What is needed here is every line of the records that includes "Contracts".
==========
//! Texts in parts: between separators, line by line, and word by word.
//!
//! Each call takes a first part off a text and gives the rest, as slices of it. It takes no memory.

ghost use Rattle.std.specs.Prelude.{◌≡◌, ◌≢◌, ◌+◌, ◌<◌, ◌≤◌, [], ◌∷◌, length, IfSome, MatchOption};
ghost use Rattle.std.specs.List.{take_while};
ghost use Rattle.std.specs.Str.Lines.{strip_carriage_return};
ghost use Rattle.text_scan.specs.Parts.{after_blanks, after_word, cut_at, first_word, is_blank};
ghost use Rattle.text_scan.specs.Parts.{lines_of, parts_of, words_of};

use memchr::memchr;

/// The texts before and after the first separator. None where there is no separator.
pub fn split_once(text: &[u8], separator: u8) -> Option<(&[u8], &[u8])>
    ensures parts { MatchOption result
        (parts_of separator text.now ≡ text.now ∷ [])
        (λ texts. parts_of separator text.now ≡ texts.0.now ∷ parts_of separator texts.1.now) }
    ensures cut { MatchOption result
        (cut_at separator text.now ≡ None)
        (λ texts. cut_at separator text.now ≡ Some (texts.0.now, texts.1.now)) }
    ensures len { IfSome result
        (λ texts. length texts.0.now + 1 + length texts.1.now ≡ length text.now) }
{
    let place = memchr(separator, text)?;
    Some((&text[..place], &text[place + 1..]))
}

/// The texts before and after the only separator. None where there is another number of
/// separators.
pub fn split_in_two(text: &[u8], separator: u8) -> Option<(&[u8], &[u8])>
    ensures parts { MatchOption result
        (length (parts_of separator text.now) ≢ 2)
        (λ texts. parts_of separator text.now ≡ texts.0.now ∷ texts.1.now ∷ []) }
{
    let (before, after) = split_once(text, separator)?;
    match split_once(after, separator) {
        Some(_) => None,
        None => Some((before, after)),
    }
}

/// The first line without what ends it, LF or CR LF, and the text after it. None where the text is
/// empty.
///
/// A last line without LF counts, and one CR at its end is dropped too.
pub fn split_line(text: &[u8]) -> Option<(&[u8], &[u8])>
    ensures lines { MatchOption result
        (lines_of text.now ≡ [])
        (λ texts. lines_of text.now ≡ texts.0.now ∷ lines_of texts.1.now) }
    ensures len { IfSome result
        (λ texts. length texts.0.now + length texts.1.now ≤ length text.now) }
    ensures shorter { IfSome result (λ texts. length texts.1.now < length text.now) }
{
    if text.is_empty() {
        return None;
    }
    match memchr(b'\n', text) {
        Some(place) => Some((without_carriage_return(&text[..place]), &text[place + 1..])),
        None => Some((without_carriage_return(text), &[])),
    }
}

/// A line without the one CR at its end, if it has one.
fn without_carriage_return(line: &[u8]) -> &[u8]
    ensures { result.now ≡ strip_carriage_return line.now }
{
    match line {
        [text @ .., b'\r'] => text,
        _ => line,
    }
}

/// The text from its first byte on that is no blank.
pub fn after_blanks(text: &[u8]) -> &[u8]
    ensures { result.now ≡ after_blanks text.now }
{
    &text[blanks_len(text)..]
}

/// How many blanks the text begins with.
fn blanks_len(text: &[u8]) -> usize
    ensures { result ≡ length (take_while is_blank text.now) }
{
    text.iter().take_while(|byte| is_blank(**byte)).count()
}

/// The first word of the text, and the text after it. None where the text has blanks alone.
pub fn next_word(text: &[u8]) -> Option<(&[u8], &[u8])>
    ensures words { MatchOption result
        (words_of text.now ≡ [])
        (λ texts. words_of text.now ≡ texts.0.now ∷ words_of texts.1.now) }
    ensures shorter { IfSome result (λ texts. length texts.1.now < length text.now) }
{
    let (word, rest) = split_word(after_blanks(text));
    if word.is_empty() {
        return None;
    }
    Some((word, rest))
}

/// The word that the text begins with, which is empty before a blank and at the end, and the rest
/// of the text.
pub fn split_word(text: &[u8]) -> (&[u8], &[u8])
    ensures word { result.0.now ≡ first_word text.now }
    ensures rest { result.1.now ≡ after_word text.now }
    ensures len { length result.0.now + length result.1.now ≡ length text.now }
{
    text.split_at(word_len(text))
}

/// How many bytes that are no blanks the text begins with.
fn word_len(text: &[u8]) -> usize
    ensures { result ≡ length (first_word text.now) }
{
    text.iter().take_while(|byte| !is_blank(**byte)).count()
}

/// Whether a byte is a space or a tab.
fn is_blank(byte: u8) -> bool
    ensures { result ≡ is_blank byte }
{
    matches!(byte, b' ' | b'\t')
}
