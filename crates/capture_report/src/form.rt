//! What is printed of a capture, and the tables that answer for its packets.

ghost use Rattle.std.specs.Prelude.{◌≡◌, ◌≤◌, length};
ghost use Rattle.table_sizes.specs.Groups.{ip4_key_len, ip6_key_len};
ghost use Rattle.capture_report.specs.Classifier.{ByTables, key_len_of_family};
ghost use Rattle.capture_report.specs.ReportForm.{form_by};
ghost use Rattle.capture_report.specs.Batch.{table_of};
ghost use Rattle.table_sizes.specs.Sizes.{max_tries};

use acl_report::MAX_VERDICTS;
use field_defs::Family;
use flat_table::{Table, Walk};
use rule_set::Categories;
use std::marker::Model;
use table_sizes::MAX_TRIES;

/// What is printed of a capture.
#[derive(Clone, Copy)]
pub struct PrintOptions {
    /// How many categories are shown of each packet, from category 0 on.
    pub cats: Categories,
    /// Which walk answers the keys. It changes no printed byte.
    pub walk: Walk,
    /// Whether the sizes of the tables and the transitions are told after a whole capture.
    pub stats: bool,
    /// Whether a dash marks where no rule matches. Otherwise the digit 0 stands there.
    pub marks: bool,
}

/// The tables of both families, and how their answers are printed.
///
/// Contracts see the form of a report by the tables.
#[derive(Drop)]
pub struct FormByTables<'a> {
    ip4: &'a Table,
    ip6: &'a Table,
    options: PrintOptions,
}

impl<'a> Model for FormByTables<'a> {
    ghost use Rattle.std.specs.Prelude.{◌≡◌, ◌≤◌, length};
    ghost use Rattle.capture_report.specs.Classifier.{ByTables};
    ghost use Rattle.capture_report.specs.ReportForm.{ReportForm, form_by};
    ghost use Rattle.capture_report.specs.Batch.{IsFormByTables};

    ghost Value = { ReportForm };

    ghost view = { λ p. form_by (ByTables (record { ip4 = p.ip4.now; ip6 = p.ip6.now }))
        (record { ip4 = p.ip4.now; ip6 = p.ip6.now }) p.options };

    ghost invariant = { λ p. IsFormByTables (record { ip4 = p.ip4.now; ip6 = p.ip6.now })
        p.options.cats.count };
}

impl<'a> FormByTables<'a> {
    /// What prints by these tables, whose keys have 13 and 37 bytes. It takes no memory.
    pub fn new(ip4: &'a Table, ip6: &'a Table, options: PrintOptions) -> FormByTables<'a>
        requires ip4 { ip4.now.key_len ≡ ip4_key_len }
        requires ip6 { ip6.now.key_len ≡ ip6_key_len }
        ensures { result ≡ form_by (ByTables (record { ip4 = ip4.now; ip6 = ip6.now }))
            (record { ip4 = ip4.now; ip6 = ip6.now }) options }
    {
        prove!(ip4.tries() <= MAX_TRIES);
        prove!(ip6.tries() <= MAX_TRIES);
        prove!(options.cats.count() <= MAX_VERDICTS);
        FormByTables { ip4, ip6, options }
    }

    /// The table of a family.
    pub fn table(&self, family: Family) -> &Table
        ensures table { result.now ≡ table_of family self.now.tables }
        ensures key_len { result.now.key_len ≡ key_len_of_family family }
        ensures tries { length result.now.roots ≤ max_tries }
    {
        match family {
            Family::Ip4 => self.ip4,
            Family::Ip6 => self.ip6,
        }
    }

    /// How many categories are shown of each packet.
    pub fn categories(&self) -> Categories
        ensures count { result.count ≡ self.now.categories }
        ensures by_tables { self.now.classifier ≡ ByTables self.now.tables }
    {
        self.options.cats
    }

    /// Which walk answers the keys.
    pub fn walk(&self) -> Walk {
        self.options.walk
    }

    /// Whether the sizes of the tables and the transitions are told.
    pub fn has_stats(&self) -> bool
        ensures { result ≡ self.now.stats }
    {
        self.options.stats
    }

    /// Whether a dash marks where no rule matches.
    #[inline]
    pub fn has_marks(&self) -> bool
        ensures { result ≡ self.now.marks }
    {
        self.options.marks
    }
}
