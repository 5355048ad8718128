//! bytes → numbers, addresses and parts, or None; addresses → text
//!
//! A text is cut into lines, words and parts, and each part is read as a number or an address. Any
//! bytes are met with an answer, and no call takes memory.
//!
//! | module | what it holds |
//! |---|---|
//! | `text_parts` | a first line, word or part of a text, and the rest |
//! | `digits` | what digits spell, and numbers written in digits |
//! | `numeral` | numbers in decimal and, after `0x`, in hexadecimal, as in ClassBench filter sets |
//! | `ip4` | IPv4 addresses: four decimal numbers separated by dots (RFC 791; RFC 1123, 2.1) |
//! | `pieces` | the pieces of 16 bits of an IPv6 address |
//! | `ip6` | IPv6 addresses in the three forms of RFC 4291, section 2.2 |
//! | `laws` | printed addresses read back; an address may be cut at any `::` |
#![tactic(auto)]

mod digits;
mod ip4;
mod ip6;
pub mod laws;
mod numeral;
mod pieces;
mod text_parts;

pub use digits::digits_value;
pub use ip4::{ip4_text, put_ip4};
pub use ip6::{ip6_text, put_ip6};
pub use numeral::{number, whole_number};
pub use text_parts::{after_blanks, next_word, split_line, split_once, split_word};
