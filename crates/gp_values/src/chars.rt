//! The characters of a string.

ghost use Rattle.std.specs.Prelude.{◌≡◌, ◌↔◌, IfOk, IsTrue, IfSome, IfNone, OnSome};
ghost use Rattle.gp_values.specs.Texts.{IsCharacter, IsText};

use gp_memory::NoMemory;
use std::alloc::Global;
use std::cmp::Ordering;
use std::marker::Model;

/// The characters of a string, each from 32 to 126 and no quotation mark. Contracts see the list of
/// their codes.
#[derive(Drop)]
pub struct Chars {
    codes: Vec<u8>,
}

impl Model for Chars {
    ghost use Rattle.std.specs.Prelude.{List, ℕ};
    ghost use Rattle.gp_values.specs.Texts.{IsText};

    ghost Value = { List ℕ };

    ghost view = { λ a. a.codes.items };

    ghost invariant = { λ a. IsText a.codes.items };
}

fn is_character(code: u8) -> bool
    ensures { IsTrue result ↔ IsCharacter code }
{
    32 <= code && code <= 126 && code != b'"'
}

fn is_text(codes: &[u8]) -> bool
    ensures { IsTrue result ↔ IsText codes.now }
{
    codes.iter().all(|code| is_character(*code))
}

impl Chars {
    /// The string of these codes, where each is a character of a string. It takes no memory.
    pub fn new(codes: Vec<u8>) -> Option<Chars>
        ensures text { OnSome result (IsText codes.items) }
        ensures same { IfSome result (λ s. s ≡ codes.items) }
        ensures none { IfNone result (IsText codes.items → ⊥) }
    {
        if is_text(&codes) {
            Some(Chars { codes })
        } else {
            None
        }
    }

    /// The codes of the characters, in order.
    pub fn as_bytes(&self) -> &[u8]
        ensures value { result.now ≡ self.now }
        ensures text { IsText self.now }
    {
        self.codes.as_slice()
    }

    /// A copy of its own memory.
    pub fn copy(&self, alloc: Global) -> Result<Chars, NoMemory>
        ensures { IfOk result (λ v. v ≡ self.now) }
    {
        match self.codes.as_slice().to_vec(alloc) {
            Ok(codes) => Ok(Chars { codes }),
            Err(_) => Err(NoMemory),
        }
    }

    /// Whether both have the same characters in the same order.
    pub fn same(&self, other: &Chars) -> bool
        ensures { IsTrue result ↔ (self.now ≡ other.now) }
    {
        self.codes.as_slice() == other.codes.as_slice()
    }
}

// Strings are compared by the codes of their characters, in order.
impl PartialEq for Chars {
    ghost use Rattle.std.specs.Prelude.{nat_eq};
    ghost use Rattle.std.specs.Cmp.Lexicographic.{pointwise};
    ghost use Rattle.gp_values.specs.inside.TextLaws.{texts_per};

    ghost eq = { pointwise nat_eq };

    ghost laws = { texts_per };

    fn eq(&self, other: &Chars) -> bool {
        self.codes.as_slice() == other.codes.as_slice()
    }
}

impl Eq for Chars {
    ghost use Rattle.std.specs.Cmp.Lexicographic.{nat_list_eq_equiv};

    ghost laws = { nat_list_eq_equiv };
}

impl PartialOrd for Chars {
    ghost use Rattle.std.specs.Prelude.{Some};
    ghost use Rattle.std.specs.Ordering.{nat_cmp};
    ghost use Rattle.std.specs.Cmp.Lexicographic.{slice_cmp, texts_po};

    ghost partial_cmp = { λ s t. Some (slice_cmp nat_cmp s t) };

    ghost laws = { texts_po };

    fn partial_cmp(&self, other: &Chars) -> Option<Ordering> {
        Some(self.cmp(other))
    }
}

impl Ord for Chars {
    ghost use Rattle.std.specs.Prelude.{refl};
    ghost use Rattle.std.specs.Ordering.{nat_cmp};
    ghost use Rattle.std.specs.Cmp.Lexicographic.{slice_cmp, nat_list_cmp_total, texts_ties};

    ghost cmp = { slice_cmp nat_cmp };

    ghost total = { nat_list_cmp_total };

    ghost matches_partial_cmp = { λ s t. refl };

    ghost matches_eq = { texts_ties };

    fn cmp(&self, other: &Chars) -> Ordering {
        self.codes.as_slice().cmp(&other.codes.as_slice())
    }
}
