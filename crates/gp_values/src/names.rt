//! Tables of names.

ghost use Rattle.std.specs.Prelude.{◌≡◌, ◌∷◌, [], ◌++◌, not, length, if◌then◌else◌, IfOk, OnOk};
ghost use Rattle.gp_values.specs.Names.{has_name, place_of};

use gp_memory::NoMemory;
use indexmap::IndexSet;
use std::alloc::Global;
use std::marker::Model;

/// Names, each once, in the order in which they came, found by their bytes. Contracts see their list.
pub struct NameTable {
    places: IndexSet<Vec<u8>>,
}

impl Drop for NameTable {
    fn drop(self) {
        let NameTable { places } = self;
        drop(places);
    }
}

impl Model for NameTable {
    ghost use Rattle.std.specs.Prelude.{List, ℕ, map};
    ghost use Rattle.gp_values.specs.Names.{Name};

    ghost Value = { List Name };

    ghost view = { λ t. map (λ k. k.items) t.places.keys };
}

impl NameTable {
    /// The table of no names. It takes no memory.
    pub fn new(alloc: Global) -> NameTable
        ensures { result ≡ [] }
    {
        NameTable {
            places: IndexSet::new(alloc),
        }
    }

    /// Puts a name at the end, where it is new, and says whether it was.
    pub fn add(&mut self, alloc: Global, name: &[u8]) -> Result<bool, NoMemory>
        ensures new { IfOk result (λ r. r ≡ not (has_name self.old name.now)) }
        ensures names { OnOk result (self.new ≡ (if has_name self.old name.now then self.old else self.old ++ name.now ∷ [])) }
    {
        let name = Vec::from_slice(alloc, name)?;
        let (_, added) = self.places.insert_full(name)?;
        Ok(added)
    }

    /// The place of a name, counted from 0.
    pub fn place(&self, name: &[u8]) -> Option<usize>
        ensures { result ≡ place_of self.now name.now }
    {
        self.places.get_index_of(name)
    }

    /// Whether the name is among them.
    pub fn has(&self, name: &[u8]) -> bool
        ensures { result ≡ has_name self.now name.now }
    {
        self.places.contains(name)
    }
}
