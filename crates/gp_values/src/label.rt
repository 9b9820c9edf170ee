//! The text of a label.

ghost use Rattle.std.specs.Prelude.{◌≡◌, ◌++◌, codes, OnOk, OnErr};
ghost use Rattle.std.specs.List.{flat_map};
ghost use Rattle.gp_values.specs.Labels.{atom_text, label_text};
ghost use Rattle.gp_values.specs.Texts.{IsBegun};

use crate::atom::Atom;
use crate::list::List;
use gp_memory::NoMemory;
use itoa::Buffer;

impl List {
    /// Writes the text of the label: `empty`, or its atoms with a colon between each two. On refusal `out` holds what
    /// it held, and behind it a beginning of the text.
    pub fn write_label(&self, out: &mut Vec<u8>) -> Result<(), NoMemory>
        ensures ok { OnOk result (out.new.items ≡ out.old.items ++ label_text self.now) }
        ensures err { OnErr result (IsBegun (label_text self.now) out.old.items out.new.items) }
    {
        match self.atoms() {
            [] => write_text(b"empty", out),
            [first, rest @ ..] => {
                write_atom(first, out)?;
                write_rest(rest, out)
            }
        }
    }
}

fn write_text(text: &[u8], out: &mut Vec<u8>) -> Result<(), NoMemory>
    ensures ok { OnOk result (out.new.items ≡ out.old.items ++ text.now) }
    ensures err { OnErr result (out.new.items ≡ out.old.items) }
{
    out.extend_from_slice(text)?;
    Ok(())
}

fn write_string(text: &[u8], out: &mut Vec<u8>) -> Result<(), NoMemory>
    ensures ok { OnOk result (out.new.items ≡ out.old.items ++ (codes "\"" ++ text.now ++ codes "\"")) }
    ensures err { OnErr result (IsBegun (codes "\"" ++ text.now ++ codes "\"") out.old.items out.new.items) }
{
    write_text(b"\"", out)?;
    write_text(text, out)?;
    write_text(b"\"", out)
}

fn write_atom(atom: &Atom, out: &mut Vec<u8>) -> Result<(), NoMemory>
    ensures ok { OnOk result (out.new.items ≡ out.old.items ++ atom_text atom.now) }
    ensures err { OnErr result (IsBegun (atom_text atom.now) out.old.items out.new.items) }
{
    match atom {
        Atom::Int(n) => write_text(Buffer::new().format(n.get()).as_bytes(), out),
        Atom::Str(text) => write_string(text.get().as_bytes(), out),
    }
}

fn write_next(atom: &Atom, out: &mut Vec<u8>) -> Result<(), NoMemory>
    ensures ok { OnOk result (out.new.items ≡ out.old.items ++ (codes ":" ++ atom_text atom.now)) }
    ensures err { OnErr result (IsBegun (codes ":" ++ atom_text atom.now) out.old.items out.new.items) }
{
    write_text(b":", out)?;
    write_atom(atom, out)
}

fn write_rest(rest: &[Atom], out: &mut Vec<u8>) -> Result<(), NoMemory>
    ensures ok { OnOk result (out.new.items ≡ out.old.items ++ flat_map (λ y. codes ":" ++ atom_text y) rest.now) }
    ensures err { OnErr result (IsBegun (flat_map (λ y. codes ":" ++ atom_text y) rest.now) out.old.items out.new.items) }
{
    for atom in rest {
        write_next(atom, out)?;
    }
    Ok(())
}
==========
■ **Exercise answer**
/// Contracts see the form of a report by the tables.
/// The characters of a string, each from 32 to 126 and no quotation mark. Contracts see the list of
/// Names, each once, in the order in which they came, found by their bytes. Contracts see their list.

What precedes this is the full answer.